If a ball is thrown straight up into the air with an initial velocity of 70 ft/s, it height in feet after t second is given by y = 70 t - 16 t^2. Find the average velocity for the time period begining when t = 1 and lasting
(i) 0.1 seconds
(ii) 0.01 seconds
(iii) 0.001 seconds
Finally based on the above results, guess what the instantaneous velocity of the ball is when t =1
So, the question is stating that the time period you are looking for is when the ball is thrown at 1 second and goes to .1 second. So, you want the velocity of the ball at the interval [1,1.1]. Velocity is the change in distance/ change in time. What is the change of the distance of the change in time from 1 second to 1.1 second? If the equation of f(x)= 70 t-16 t^2, the f(x) is the distance of the ball, so you should see that f(1.1)-f(1) is the change in height. Everything together is the average rate of change formula, where [f(1.1)-f(1)]/1.1-1=the average velocity of the ball. Now, you can use the formula to make the interval even smaller.
To find the average velocity, we need to use the following formula:
Average velocity = (change in position) / (change in time)
Let's apply this formula to the given scenario:
(i) When the time period is 0.1 seconds:
Initial time (t1) = 1 second
Final time (t2) = 1.1 seconds
Change in time = t2 - t1 = 1.1 - 1 = 0.1 seconds
To find the change in position, we substitute the values of t1 and t2 into the equation y = 70t - 16t^2:
Change in position = y(t2) - y(t1) = (70(1.1) - 16(1.1)^2) - (70(1) - 16(1)^2)
Simplifying the above equation will give us the change in position.
(ii) When the time period is 0.01 seconds:
Initial time (t1) = 1 second
Final time (t2) = 1.01 seconds
Change in time = t2 - t1 = 1.01 - 1 = 0.01 seconds
Using the same equation, y(t2) - y(t1), where y is the height function, we can find the change in position.
(iii) When the time period is 0.001 seconds:
Initial time (t1) = 1 second
Final time (t2) = 1.001 seconds
Change in time = t2 - t1 = 1.001 - 1 = 0.001 seconds
Again, substituting t1 and t2 into the equation y(t2) - y(t1) will give us the change in position.
Based on the average velocities calculated for different time periods, we can estimate the instantaneous velocity of the ball when t = 1 by choosing a smaller time interval. A smaller time interval will yield a more accurate value for the instantaneous velocity.
To find the average velocity for a given time period, we need to calculate the change in height and divide it by the change in time. Let's go through each part step by step:
(i) For a time period of 0.1 seconds:
- We calculate the change in height by plugging in t = 0.1 into the equation and subtracting the height at t = 1:
Δy = (70 * 0.1 - 16 * (0.1)^2) - (70 * 1 - 16 * 1^2)
Δy = (7 - 1.6) - (70 - 16)
Δy = 5.4 - 54
Δy = -48.6 ft
- The change in time is simply 0.1 seconds.

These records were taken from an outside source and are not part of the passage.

ghost use Rattle.std.specs.Prelude.{◌≡◌, ◌≢◌, ◌+◌, ◌++◌, ◌∷◌, [], ℕ, List, false, true, if◌then◌else◌, length, OnErr, OnOk, Some, is_some, vec_len};
ghost use Rattle.desk_edge.specs.Shelves.{is_name_among, name_cmp};
ghost use Rattle.desk_rows.specs.Rows.{row_of, without_row};

use crate::named::place_of_name;
use desk_text::{Bytes, OutOfMemory};
use std::alloc::Global;
use std::marker::Model;

/// The names of the stores of a shelf that are lent. None stands twice.
#[derive(Debug)]
pub struct Lent {
    names: Vec<Bytes>,
}

// Written out, so that a function that owns one does not prove anew how each part is dropped.
impl Drop for Lent {
    fn drop(self) {
        let Lent { names: _ } = self;
    }
}

impl Model for Lent {
    ghost use Rattle.std.specs.Prelude.{ℕ, List};
    ghost use Rattle.desk_edge.specs.Shelves.{AreApart};

    ghost Value = { List (List ℕ) };

    ghost view = { λ lent. lent.names.items };

    ghost invariant = { λ lent. AreApart lent.names.items };
}

impl Lent {
    /// No names. It takes no memory.
    pub fn new(alloc: Global) -> Lent
        ensures { result ≡ [] }
    {
        Lent {
            names: Vec::new(alloc),
        }
    }

    /// How many names there are.
    pub fn len(&self) -> usize
        ensures { result ≡ length self.now }
    {
        self.names.len()
    }

    /// Whether the name is one of them.
    pub fn has(&self, name: &[u8]) -> bool
        ensures { result ≡ is_name_among self.now name.now }
    {
        place_of_name(self.names.as_slice(), name).is_some()
    }

    /// Puts the name behind the others, unless it is one of them.
    pub fn enter(&mut self, alloc: Global, name: &[u8]) -> Result<(), OutOfMemory>
        ensures ok { OnOk result (self.new ≡ (if is_name_among self.old name.now then self.old else self.old ++ name.now ∷ [])) }
        ensures err { OnErr result (self.new ≡ self.old) }
        ensures there { OnOk result (is_name_among self.new name.now ≡ true) }
        ensures stay { (other : List ℕ) → is_name_among self.old other ≡ true → is_name_among self.new other ≡ true }
    {
        if self.has(name) {
            return Ok(());
        }
        let mut own = Bytes::start(alloc);
        own.push_all(name)?;
        self.names.reserve(1)?;
        self.names.push_reserved(own);
        Ok(())
    }

    /// Takes the name out. It takes no memory.
    pub fn take(&mut self, name: &[u8]) -> Bytes
        requires { is_name_among self.old name.now ≡ true }
        ensures taken { result ≡ name.now }
        ensures rest { self.new ≡ without_row (λ own. own) name_cmp name.now self.old }
        ensures gone { is_name_among self.new name.now ≡ false }
        ensures stay { (other : List ℕ) → other ≢ name.now → is_name_among self.old other ≡ true → is_name_among self.new other ≡ true }
        ensures len { length self.new + 1 ≡ length self.old }
    {
        take_name(&mut self.names, name)
    }
}

/// Takes the first of the names that is the one sought, where there is one.
fn take_name(names: &mut Vec<Bytes>, name: &[u8]) -> Bytes
    requires { is_some (row_of (λ own. own) name_cmp name.now names.old.items) ≡ true }
    ensures taken { row_of (λ own. own) name_cmp name.now names.old.items ≡ Some result }
    ensures rest { names.new.items ≡ without_row (λ own. own) name_cmp name.now names.old.items }
    ensures len { vec_len names.new + 1 ≡ vec_len names.old }
{
    match place_of_name(names.as_slice(), name) {
        Some(place) => names.remove(place),
        None => unreachable!(),
    }
}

- The average velocity is given by the ratio of the change in height to the change in time:
Average velocity = Δy / change in time
Average velocity = -48.6 ft / 0.1 s
Average velocity = -486 ft/s
(ii) For a time period of 0.01 seconds, follow the same process:
Δy = (70 * 0.01 - 16 * (0.01)^2) - (70 * 1 - 16 * 1^2)
Δy = (0.7 - 0.0016) - (70 - 16)
Δy = 0.6984 - 54
Δy = -53.3016 ft
Average velocity = -53.3016 ft / 0.01 s
Average velocity = -5330.16 ft/s
(iii) For a time period of 0.001 seconds:
Δy = (70 * 0.001 - 16 * (0.001)^2) - (70 * 1 - 16 * 1^2)

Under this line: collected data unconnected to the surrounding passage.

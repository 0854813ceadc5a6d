ghost use Rattle.std.specs.Prelude.{◌≡◌, ◌≤◌, ◌↔◌, false, true, IfOk, IsNone, IsOk, IsErr};
ghost use Rattle.desk_edge.specs.Doors.{AreLinesCounted, Listed, after_listen, after_next, listen_answer, next_answer};
ghost use Rattle.desk_edge.specs.Faults.{CountsFaults};

use crate::doors::Doors;
use crate::failed::Failed;
use crate::memory_link::MemoryLink;
use std::marker::Model;

/// Doors in memory. They give the lines that they are made with, and then are closed, and fail on the calls that they are told to fail
/// on, and on no other.
#[derive(Debug)]
pub struct ListDoors {
    lines: Vec<MemoryLink>,
    failing: Vec<u64>,
    calls: u64,
    faults: u64,
    taken: u64,
    is_closed: bool,
}

// Written out, so that a function that owns one does not prove anew how each part is dropped.
impl Drop for ListDoors {
    fn drop(self) {
        let ListDoors {
            lines: _,
            failing: _,
            calls: _,
            faults: _,
            taken: _,
            is_closed: _,
        } = self;
    }
}

impl Model for ListDoors {
    ghost use Rattle.std.specs.Prelude.{◌≡◌, [], true};
    ghost use Rattle.desk_edge.specs.Doors.{Listed};

    ghost Value = { Listed };

    ghost view = { λ d. record {
      lines = d.lines.items;
      failing = d.failing.items;
      calls = d.calls;
      faults = d.faults;
      taken = d.taken;
      is_closed = d.is_closed;
    } };

    // Doors are closed only where all their lines were given.
    ghost invariant = { λ d. d.is_closed ≡ true → d.lines.items ≡ [] };
}

impl ListDoors {
    /// Doors that give these lines, in order. The calls whose numbers `failing` has fail; calls to listen and calls for a line are counted
    /// together, from 1. It takes no memory.
    pub fn new(lines: Vec<MemoryLink>, failing: Vec<u64>) -> ListDoors
        ensures { result ≡ record {
          lines = lines.items;
          failing = failing.items;
          calls = 0;
          faults = 0;
          taken = 0;
          is_closed = false;
        } }
    {
        ListDoors {
            lines,
            failing,
            calls: 0,
            faults: 0,
            taken: 0,
            is_closed: false,
        }
    }

    /// Counts a call, and where it is one that fails, the fault.
    fn count_call(&mut self) -> Result<(), Failed>
        ensures answer { result ≡ listen_answer self.old }
        ensures after { self.new ≡ after_listen self.old }
        ensures never_falls { self.old.faults ≤ self.new.faults }
    {
        self.calls = self.calls.saturating_add(1);
        if self.failing.contains(&self.calls) {
            self.faults = self.faults.saturating_add(1);
            return Err(Failed);
        }
        Ok(())
    }
}

impl Doors for ListDoors {
    type Line = MemoryLink;

    ghost faults = { λ d. d.faults };

    ghost taken = { λ d. d.taken };

    ghost is_closed = { λ d. d.is_closed };

    ghost NeverFails = { ⊥ };

    ghost NeverCloses = { ⊥ };

    fn listen(&mut self, _port: u16) -> Result<(), Failed>
        ensures taken_stays { self.new.taken ≡ self.old.taken }
        ensures closed_stays { self.new.is_closed ≡ self.old.is_closed }
        ensures faults { CountsFaults (IsErr result) self.old.faults self.new.faults }
        ensures never_fails { ⊥ → IsOk result }
        ensures answer { result ≡ listen_answer self.old }
        ensures after { self.new ≡ after_listen self.old }
    {
        self.count_call()
    }

    fn next(&mut self) -> Result<Option<MemoryLink>, Failed>
        ensures counts { AreLinesCounted result self.old.taken self.new.taken }
        ensures ended { IfOk result (λ given. IsNone given ↔ (self.new.is_closed ≡ true)) }
        ensures closed_stays { self.old.is_closed ≡ true → self.new.is_closed ≡ true }
        ensures faults { CountsFaults (IsErr result) self.old.faults self.new.faults }
        ensures never_fails { ⊥ → IsOk result }
        ensures never_closes { ⊥ → self.new.is_closed ≡ false }
        ensures answer { result ≡ next_answer self.old }
        ensures after { self.new ≡ after_next self.old }
    {
        self.count_call()?;
        if self.lines.is_empty() {
            self.is_closed = true;
            return Ok(None);
        }
        self.taken = self.taken.saturating_add(1);
        Ok(Some(self.lines.remove(0)))
    }

    fn faults(&self) -> u64 {
        self.faults
    }

    fn taken(&self) -> u64 {
        self.taken
    }

    fn closed(&self) -> bool {
        self.is_closed
    }
}
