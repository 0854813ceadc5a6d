ghost use Rattle.std.specs.Prelude.{◌≡◌, ℕ, ◌<◌, ◌≤◌, List, length, Option, IfOk, IsErr};
ghost use Rattle.std.specs.Io.KnownBytes.{ReadConsumes, WriteAppends};
ghost use Rattle.desk_edge.specs.Faults.{CountsFaults};

use crate::failed::Failed;

/// A stream of bytes in and a stream of bytes out, such as a terminal, a pipe or a connection.
///
/// A link counts its faults, those of reads also by themselves, and may tell the bytes that it has left to give and those that it
/// has taken: in memory it does, over a real file it doesn't. What a call doesn't concern stays
/// equal, so that what is told before is told afterwards.
pub trait Link {
    // How many faults were counted so far. The count never falls.
    ghost faults: { Self → ℕ };

    // How many of these faults were of reads, counted in the same way.
    ghost read_faults: { Self → ℕ };

    // The bytes that reads will give, where the link tells them.
    ghost unread: { Self → Option (List ℕ) };

    // The bytes that writes have taken, where the link tells them.
    ghost written: { Self → Option (List ℕ) };

    /// Gives the next bytes, at the front of the buffer, and answers how many.
    ///
    /// 0 for a buffer that isn't empty is the end of the input. `Failed` comes exactly where a
    /// fault was counted in this call; nothing was given then, and what the buffer holds isn't
    /// said.
    fn read(&mut self, into: &mut [u8]) -> Result<usize, Failed>
        ensures within { IfOk result (λ n. n ≤ length into.new) }
        ensures gives { ReadConsumes (unread self.old) (unread self.new) result into.new }
        ensures output_stays { written self.new ≡ written self.old }
        ensures faults { CountsFaults (IsErr result) (faults self.old) (faults self.new) }
        ensures read_faults { CountsFaults (IsErr result) (read_faults self.old) (read_faults self.new) };

    /// Takes bytes from the front of the piece, and answers how many: at least one of a piece that
    /// isn't empty.
    ///
    /// `Failed` comes exactly where a fault was counted in this call; nothing was taken then.
    fn write(&mut self, piece: &[u8]) -> Result<usize, Failed>
        ensures within { IfOk result (λ n. n ≤ length piece.now) }
        ensures some { IfOk result (λ n. 0 < length piece.now → 0 < n) }
        ensures takes { WriteAppends (written self.old) (written self.new) result piece.now }
        ensures input_stays { unread self.new ≡ unread self.old }
        ensures reads_stay { read_faults self.new ≡ read_faults self.old }
        ensures faults { CountsFaults (IsErr result) (faults self.old) (faults self.new) };
}
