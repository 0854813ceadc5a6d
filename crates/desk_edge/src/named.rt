ghost use Rattle.std.specs.Prelude.{◌≡◌, MatchOption, None};
ghost use Rattle.std.specs.Ordering.{is_eq};
ghost use Rattle.desk_edge.specs.Shelves.{StandsFirst, name_cmp};
ghost use Rattle.desk_rows.specs.Rows.{row_of};

use crate::map_keeper::MapKeeper;
use desk_text::Bytes;

/// The place of the first store of this name.
pub(crate) fn place_of_store(stores: &[(Bytes, MapKeeper)], name: &[u8]) -> Option<usize>
    ensures { MatchOption result (row_of (λ store. store.0) name_cmp name.now stores.now ≡ None) (StandsFirst (λ store. store.0) name.now stores.now) }
{
    for (place, store) in stores.iter().enumerate() {
        if is_name(&store.0, name) {
            return Some(place);
        }
    }
    None
}

/// The place of the first of these names that is the one sought.
pub(crate) fn place_of_name(names: &[Bytes], name: &[u8]) -> Option<usize>
    ensures { MatchOption result (row_of (λ own. own) name_cmp name.now names.now ≡ None) (StandsFirst (λ own. own) name.now names.now) }
{
    for (place, own) in names.iter().enumerate() {
        if is_name(own, name) {
            return Some(place);
        }
    }
    None
}

/// Whether the two are one name.
fn is_name(own: &Bytes, name: &[u8]) -> bool
    ensures { result ≡ is_eq (name_cmp own.now name.now) }
{
    own.as_slice().cmp(&name).is_eq()
}
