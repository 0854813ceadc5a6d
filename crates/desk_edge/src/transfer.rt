ghost use Rattle.std.specs.Prelude.{◌≡◌, ℕ, ◌+◌, ◌<◌, ◌≤◌, List, length, IfOk, IsErr, OnOk, OnErr, IsErrOf};
ghost use Rattle.std.specs.Io.KnownBytes.{Consumes, Appends, IsAtEnd};
ghost use Rattle.desk_edge.specs.Faults.{CountsFaults};
ghost use Rattle.desk_edge.specs.Transfer.{AppendsBeginning, AppendsPart};

use crate::failed::Failed;
use crate::link::Link;
use desk_text::{Bytes, OutOfMemory};
use std::alloc::Global;

// How many bytes one call asks a link for.
const CHUNK: usize = 8192;

/// Why an input wasn't read.
#[derive(Clone, Copy, Debug, PartialEq, Eq)]
pub enum ReadFault {
    /// The link refused a call; it counted a fault.
    Failed,
    /// There was no memory for the bytes.
    OutOfMemory,
}

impl From<Failed> for ReadFault {
    ghost use Rattle.std.specs.Prelude.{◌≡◌};
    ghost use Rattle.desk_edge.specs.declared.transfer.ReadFault.TheVariants as fault;

    ghost from_gives = { λ _ e. e ≡ fault.Failed };

    fn from(_error: Failed) -> ReadFault {
        ReadFault::Failed
    }
}

impl From<OutOfMemory> for ReadFault {
    ghost use Rattle.std.specs.Prelude.{◌≡◌};
    ghost use Rattle.desk_edge.specs.declared.transfer.ReadFault.TheVariants as fault;

    ghost from_gives = { λ _ e. e ≡ fault.OutOfMemory };

    fn from(_error: OutOfMemory) -> ReadFault {
        ReadFault::OutOfMemory
    }
}

/// Reads a link to its end, or until one byte more than `limit` has come: the caller then knows
/// that the input is too long, and nothing more was asked for.
///
/// After an error the bytes that were read are gone.
pub fn read_up_to<L: Link>(alloc: Global, link: &mut L, limit: usize) -> Result<Bytes, ReadFault>
    requires { limit < usize.MAX }
    ensures bytes { IfOk result (λ bytes. Consumes (L.unread link.old) (L.unread link.new) bytes) }
    ensures whole { IfOk result (λ bytes. length bytes ≤ limit → IsAtEnd (L.unread link.new)) }
    ensures within { IfOk result (λ bytes. length bytes ≤ limit + 1) }

    // Whatever comes of it, no byte past the one after the limit is taken.
    ensures taken { (bytes : List ℕ) × Consumes (L.unread link.old) (L.unread link.new) bytes × (length bytes ≤ limit + 1) }

    // The byte after the limit ends the reading: no call after it can fail.
    ensures failed_within { IsErrOf result ReadFault.Failed →
        (bytes : List ℕ) × Consumes (L.unread link.old) (L.unread link.new) bytes × (length bytes ≤ limit) }
    ensures output_stays { L.written link.new ≡ L.written link.old }
    ensures faults { CountsFaults (IsErrOf result ReadFault.Failed) (L.faults link.old) (L.faults link.new) }
    ensures read_faults { CountsFaults (IsErrOf result ReadFault.Failed) (L.read_faults link.old) (L.read_faults link.new) }
{
    let mut bytes = Bytes::start(alloc);
    let mut chunk = [0; CHUNK];
    while bytes.len() <= limit {
        let wanted = (limit - bytes.len() + 1).min(CHUNK);
        let given = link.read(&mut chunk[..wanted])?;
        if given == 0 {
            break;
        }
        bytes.push_all(&chunk[..given])?;
    }
    Ok(bytes)
}

/// Writes all the bytes, in as many calls as the link wants.
///
/// After an error a beginning of the bytes is written, and not all of them.
pub fn write_all<L: Link>(link: &mut L, bytes: &[u8]) -> Result<(), Failed>
    ensures ok { OnOk result (Appends (L.written link.old) (L.written link.new) bytes.now) }
    ensures err { OnErr result (AppendsPart (L.written link.old) (L.written link.new) bytes.now) }
    ensures beginning { AppendsBeginning (L.written link.old) (L.written link.new) bytes.now }
    ensures input_stays { L.unread link.new ≡ L.unread link.old }
    ensures reads_stay { L.read_faults link.new ≡ L.read_faults link.old }
    ensures faults { CountsFaults (IsErr result) (L.faults link.old) (L.faults link.new) }
{
    let mut rest = bytes;
    while !rest.is_empty() {
        let taken = link.write(rest)?;
        rest = rest.split_at(taken).1;
    }
    Ok(())
}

Δy = (0.07 - 0.000016) - (70 - 16)
Δy = 0.069984 - 54
Δy = -53.930016 ft
Average velocity = -53.930016 ft / 0.001 s
Average velocity = -53,930.016 ft/s
Based on the above results, we can see that the average velocity is decreasing as the time period becomes shorter.

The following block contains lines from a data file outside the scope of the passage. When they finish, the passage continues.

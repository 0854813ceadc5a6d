use desk_law::{
    Annex, Claim, Kind, KindSet, Restriction, Rule, Terms, Verdict, covers, judge, judge_by, over,
};
use desk_testing::{check, expect_eq, shows};
use desk_text::{Code, Day, DayFault, ExemptionNumber};
use std::test::Fail;

/// Fails unless the set takes a kind that it has not, takes none that it has, and has no other.
fn takes_another(set: &mut KindSet) -> Result<(), Fail> {
    let are_new = set.insert(Kind::LargeHousehold) && !set.insert(Kind::Toy);
    check(
        are_new,
        "a kind is new where it is kept, or is not where it is not",
    )?;
    let has = set.contains(Kind::Other) && !set.contains(Kind::ToyLeisureSports);
    check(has, "a set has other kinds")
}

/// Fails unless the second set has kinds, and the first one, which has none, is a subset of it.
fn are_none_and_some(none: &KindSet, set: &KindSet) -> Result<(), Fail> {
    let is_empty = !set.is_empty() && KindSet::default().is_empty();
    check(is_empty, "a set with kinds is empty, or one without is not")?;
    let is_subset = none.is_subset(set) && !set.is_subset(none);
    check(is_subset, "a set is a subset of another")
}

#[test]
fn a_set_writes_its_kinds_once_in_the_order_of_the_annex(rt: HostRuntime) -> Result<(), Fail> {
    let none = KindSet::new();
    let mut set = KindSet::from([Kind::Other, Kind::Toy, Kind::Other].as_slice());
    takes_another(&mut set)?;
    are_none_and_some(&none, &set)?;
    shows(rt.alloc(), &set, "1,7t,11")?;
    shows(rt.alloc(), &none, "")
}

/// 4294967295 ppm of 18446744073709551615 micrograms, in millionths of a microgram.
const GREATEST_LIMIT: u128 = 79_228_162_495_817_593_515_539_431_425;

/// The place of the first row in which a share of a mass is over a limit otherwise.
fn first_wrong_share(rows: &[(u128, u64, u32, bool)]) -> Option<usize> {
    for (place, (share, mass, ppm, want)) in rows.iter().enumerate() {
        if over(*share, *mass, *ppm) != *want {
            return Some(place);
        }
    }
    None
}

#[test]
fn a_share_is_over_only_above_the_limit() -> Result<(), Fail> {
    let rows = [
        (1_000_000_000, 1_000_000, 1000, false),
        (1_000_000_001, 1_000_000, 1000, true),
        (0, 0, 1000, false),
        (1, 0, 1000, true),
        (GREATEST_LIMIT, u64::MAX, u32::MAX, false),
        (GREATEST_LIMIT + 1, u64::MAX, u32::MAX, true),
        (u128::MAX, u64::MAX, u32::MAX, true),
    ];
    expect_eq(&first_wrong_share(&rows), &None)
}

/// The terms of exemption `6(c)` for lead in equipment of kind 3, from 2014-07-22 to 2026-06-30.
fn copper_alloys(row: &[u8], floor: Option<u32>, cap: Option<u32>) -> Result<Terms, Fail> {
    Ok(Terms {
        row: Code::read(row)?,
        annex: Annex::Three,
        number: ExemptionNumber::read(b"6(c)")?,
        rule: Rule::Lead,
        kinds: KindSet::from([Kind::Telecommunications].as_slice()),
        first: Day::new(2014, 7, 22),
        last: Day::new(2026, 6, 30),
        floor,
        cap,
    })
}

/// A claim of an exemption from the rule on lead.
fn claim(number: &[u8]) -> Result<Claim, Fail> {
    Ok(Claim {
        rule: Rule::Lead,
        number: ExemptionNumber::read(number)?,
    })
}

/// Whether the row covers this share of lead in this mass, for a kind and on a day.
fn covers_lead(
    row: &Terms,
    claims: &[Claim],
    (share, mass): (u128, u64),
    kind: Kind,
    day: &str,
) -> Result<bool, DayFault> {
    let day = Day::read(day.as_bytes())?;
    Ok(covers(row, claims, Rule::Lead, kind, day, share, mass))
}

#[test]
fn a_row_for_no_kind_covers_nothing() -> Result<(), Fail> {
    let mut row = copper_alloys(b"R6C", None, None)?;
    row.kinds = KindSet::new();
    let it = Kind::Telecommunications;
    let covers = covers_lead(&row, &[claim(b"6(c)")?], (1, 1), it, "2024-01-23")?;
    check(!covers, "a row for no kind covers")
}

/// A row's floor and cap, a share and a mass, and whether the row covers them.
type Bounds = (Option<u32>, Option<u32>, u128, u64, bool);

/// Whether a row with this floor and this cap covers the share of the mass.
fn covers_within(bounds: &Bounds) -> Result<bool, Fail> {
    let (floor, cap, share, mass, _) = *bounds;
    let row = copper_alloys(b"R6C", floor, cap)?;
    let claims = [claim(b"6(c)")?];
    let (kind, day) = (Kind::Telecommunications, "2024-01-23");
    Ok(covers_lead(&row, &claims, (share, mass), kind, day)?)
}

/// The place of the first case in which a row with a floor and a cap covers otherwise.
fn first_wrong_bounds(cases: &[Bounds]) -> Result<Option<usize>, Fail> {
    for (place, bounds) in cases.iter().enumerate() {
        if covers_within(bounds)? != bounds.4 {
            return Ok(Some(place));
        }
    }
    Ok(None)
}

const BOUNDS: [Bounds; 6] = [
    (None, None, u128::MAX, 1_000_000, true),
    (Some(1000), Some(1000), 0, 0, true),
    (Some(1000), Some(1000), 1, 0, false),
    (Some(u32::MAX), None, GREATEST_LIMIT - 1, u64::MAX, false),
    (
        Some(u32::MAX),
        Some(u32::MAX),
        GREATEST_LIMIT,
        u64::MAX,
        true,
    ),
    (None, Some(u32::MAX), GREATEST_LIMIT + 1, u64::MAX, false),
];

#[test]
fn a_row_covers_at_the_ends_of_share_and_mass() -> Result<(), Fail> {
    expect_eq(&first_wrong_bounds(&BOUNDS)?, &None)
}

/// The place of the first case in which a restriction of this limit, in force from this day on, gives another verdict on a day.
fn first_wrong_restriction(cases: &[(u32, Option<Day>, Day, Verdict)]) -> Option<usize> {
    for (place, (ppm, first, day, want)) in cases.iter().enumerate() {
        let restriction = Restriction {
            rule: Rule::Lead,
            kind: Kind::Telecommunications,
            ppm: *ppm,
            first: *first,
        };
        if judge_by(501_000_000, 1_000_000, &[], &restriction, *day, &[]) != *want {
            return Some(place);
        }
    }
    None
}

#[test]
fn a_restriction_of_any_limit_and_first_day_is_judged_by_them() -> Result<(), Fail> {
    let before = Day::new(2024, 12, 31);
    let first = Day::new(2025, 1, 1);
    let cases = [
        (500, Some(first), before, Verdict::NotInForce),
        (500, Some(first), first, Verdict::Breach),
        (500, None, first, Verdict::NotInForce),
        (501, Some(first), first, Verdict::Within),
    ];
    expect_eq(&first_wrong_restriction(&cases), &None)
}

/// A share and a mass, and the verdict on them.
type Judged = (u128, u64, Verdict);

/// The place of the first case in which the verdict on lead without a row is another.
fn first_wrong_verdict(cases: &[Judged]) -> Option<usize> {
    let (it, day) = (Kind::Telecommunications, Day::new(2024, 1, 23));
    for (place, (share, mass, want)) in cases.iter().enumerate() {
        if judge(*share, *mass, &[], Rule::Lead, it, day, &[]) != *want {
            return Some(place);
        }
    }
    None
}

#[rattlefmt::skip]
const ENDS: [Judged; 5] = [
    (0, 0, Verdict::Within),
    (1, 0, Verdict::Breach),
    (18_446_744_073_709_551_615_000, u64::MAX, Verdict::Within),
    (18_446_744_073_709_551_615_001, u64::MAX, Verdict::Breach),
    (u128::MAX, u64::MAX, Verdict::Breach),
];

#[test]
fn a_verdict_at_the_ends_of_share_and_mass() -> Result<(), Fail> {
    expect_eq(&first_wrong_verdict(&ENDS), &None)
}
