/// The tonnage of the year, where no unit carries more than it weighs.
fn tonnage(
    yearly: &Yearly,
    alloc: Global,
    year: u16,
    loads: &[(&[u8], u128)],
) -> Result<u128, Fail> {
    let mut table = Table::new(alloc);
    for (product, carried) in loads {
        table.put(ProductLoad {
            product: Code::read(product)?,
            carried: *carried,
        })?;
    }
    let loads = table.as_slice();
    if !are_within(entries_of_year(yearly.as_slice(), year), loads) {
        return Err(Fail::new("a unit carries more than it weighs"));
    }
    Ok(yearly.tonnage(year, loads))
}

fn entry(year: u16, product: &[u8], units: u64, mass: u128) -> Result<Entry, Fail> {
    Ok(Entry {
        year,
        product: Code::read(product)?,
        units,
        mass,
    })
}

/// A step of a test: an edit and its answer, or what a table of years then holds.
#[derive(Clone, Copy)]
enum Step {
    /// Adds units of a product, which weigh so much each.
    Add(u16, &'static [u8], u64, u128, Result<(), TonnageFault>),
    /// Takes units off.
    Take(u16, &'static [u8], u64, Result<(), TakeFault>),
    /// Gives products new masses.
    SetMasses(&'static [(&'static [u8], u128)], Result<(), MassFault>),
    /// There are just these entries.
    HasEntries(&'static [(u16, &'static [u8], u64, u128)]),
    /// There are so many entries.
    HasLength(usize),
    /// A year has so many units of a product.
    HasUnits(u16, &'static [u8], u64),
    /// A unit of a product weighs so much in a year.
    HasMass(u16, &'static [u8], u128),
    /// A year has this tonnage, where a unit of each product carries so much.
    HasTonnage(u16, &'static [(&'static [u8], u128)], u128),
}

/// Whether there are just these entries.
fn has_entries(yearly: &Yearly, rows: &[(u16, &[u8], u64, u128)]) -> Result<bool, Fail> {
    for (kept, (year, product, units, mass)) in yearly.as_slice().iter().zip(rows) {
        if *kept != entry(*year, product, *units, *mass)? {
            return Ok(false);
        }
    }
    Ok(yearly.as_slice().len() == rows.len())
}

To estimate the instantaneous velocity at t = 1, we can take the limit as the time period approaches zero. As the time period becomes infinitesimally small, the average velocity converges to the instantaneous velocity at that specific moment. Therefore, we can estimate that the instantaneous velocity of the ball when t = 1 is approximately -54,000 ft/s.